- [Work request]
Would you print all of the records below exactly, without skipping any?
Top of Entries shown
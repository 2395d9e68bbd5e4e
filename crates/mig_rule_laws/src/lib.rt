//! The laws of rules and fixes over plain trees, each the contract of an empty function.
#![tactic(auto)]

ghost use Rattle.mig_rule_laws.specs.Fixes.{FamiliesStay, FixTidinessStays, FixTypesStay};
ghost use Rattle.mig_rule_laws.specs.Laws.{KindsStay, RuleTestsStay, RuleTypesStay, SoundnessStays, TidinessStays};

/// The template that a rule gives on a sound one is sound.
pub fn soundness_stays()
    ensures { SoundnessStays }
{}

/// What fits a template, with inhabitants of some bodies at its points, becomes what fits the template that the rule gives so.
pub fn rule_types_stay()
    ensures { RuleTypesStay }
{}

/// The same with any test of the trees at points.
pub fn rule_tests_stay()
    ensures { RuleTestsStay }
{}

/// A tree of the form whose maps' names ascend stays such a tree.
pub fn tidiness_stays()
    ensures { TidinessStays }
{}

/// The kind of each tree stays.
pub fn kinds_stay()
    ensures { KindsStay }
{}

/// The family after a fix is formed, of the same form and root, and its templates are in order.
pub fn families_stay()
    ensures { FamiliesStay }
{}

/// What inhabits the root becomes what inhabits the root of the next family.
pub fn fix_types_stay()
    ensures { FixTypesStay }
{}

/// It is of the form, and its maps' names ascend, afterwards too.
pub fn fix_tidiness_stays()
    ensures { FixTidinessStays }
{}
Bottom of Entries shown
- [Final answer]
repository 2395d9e68bbd5e4e
filename crates/mig_rule_laws/src/lib.rt
//! The laws of rules and fixes over plain trees, each the contract of an empty function.
#![tactic(auto)]

ghost use Rattle.mig_rule_laws.specs.Fixes.{FamiliesStay, FixTidinessStays, FixTypesStay};
ghost use Rattle.mig_rule_laws.specs.Laws.{KindsStay, RuleTestsStay, RuleTypesStay, SoundnessStays, TidinessStays};

/// The template that a rule gives on a sound one is sound.
pub fn soundness_stays()
    ensures { SoundnessStays }
{}

/// What fits a template, with inhabitants of some bodies at its points, becomes what fits the template that the rule gives so.
pub fn rule_types_stay()
    ensures { RuleTypesStay }
{}

/// The same with any test of the trees at points.
pub fn rule_tests_stay()
    ensures { RuleTestsStay }
{}

/// A tree of the form whose maps' names ascend stays such a tree.
pub fn tidiness_stays()
    ensures { TidinessStays }
{}

/// The kind of each tree stays.
pub fn kinds_stay()
    ensures { KindsStay }
{}

/// The family after a fix is formed, of the same form and root, and its templates are in order.
pub fn families_stay()
    ensures { FamiliesStay }
{}

/// What inhabits the root becomes what inhabits the root of the next family.
pub fn fix_types_stay()
    ensures { FixTypesStay }
{}

/// It is of the form, and its maps' names ascend, afterwards too.
pub fn fix_tidiness_stays()
    ensures { FixTidinessStays }
{}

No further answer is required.